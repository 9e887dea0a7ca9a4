// Text to records, line by line.
use crate::errors;
use script::{Line, put_record, read_line};
use stream::line::{Kind, Lines, behind, first, front};

// The record of a line is put into out. Of a line that cannot be read the number is told, and nothing is put.
fn put_line<R: Eprint>(rt: &R, number: u64, line: &[u8], out: &mut [u8], at: usize) -> usize {
    let said = read_line(line);
    if let Line::Unread = said {
        errors::unread(rt, number, line);
    }
    put_record(said, out, at)
}

// One turn, on what stands at the front of the window.
fn turn<R: Input + Print + Eprint>(rt: &R, l: Lines, buf: &mut [u8], out: &mut [u8]) -> Lines {
    let p = front(l, buf);
    let Kind::Line = p.kind else {
        return behind(rt, l, p, l.flow.waits, buf, out);
    };
    let place = put_line(rt, l.number, &buf[p.from..p.to], out, l.flow.waits);
    behind(rt, l, p, place, buf, out)
}

// All lines of standard input.
pub fn run<R: Input + Print + Eprint>(rt: &R, buf: &mut [u8], out: &mut [u8]) {
    let mut l = first();
    for _ in 0..u64::MAX {
        if !l.flow.goes {
            break;
        }
        l = turn(rt, l, buf, out);
    }
}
------
ACTIVITY
Print every record above once more, exactly as written.

WRITTEN RESPONSE
repository 9e887dea0a7ca9a4
// Text to records, line by line.
use crate::errors;
use script::{Line, put_record, read_line};
use stream::line::{Kind, Lines, behind, first, front};

// The record of a line is put into out. Of a line that cannot be read the number is told, and nothing is put.
fn put_line<R: Eprint>(rt: &R, number: u64, line: &[u8], out: &mut [u8], at: usize) -> usize {
    let said = read_line(line);
    if let Line::Unread = said {
        errors::unread(rt, number, line);
    }
    put_record(said, out, at)
}

// One turn, on what stands at the front of the window.
fn turn<R: Input + Print + Eprint>(rt: &R, l: Lines, buf: &mut [u8], out: &mut [u8]) -> Lines {
    let p = front(l, buf);
    let Kind::Line = p.kind else {
        return behind(rt, l, p, l.flow.waits, buf, out);
    };
    let place = put_line(rt, l.number, &buf[p.from..p.to], out, l.flow.waits);
    behind(rt, l, p, place, buf, out)
}

// All lines of standard input.
pub fn run<R: Input + Print + Eprint>(rt: &R, buf: &mut [u8], out: &mut [u8]) {
    let mut l = first();
    for _ in 0..u64::MAX {
        if !l.flow.goes {
            break;
        }
        l = turn(rt, l, buf, out);
    }
}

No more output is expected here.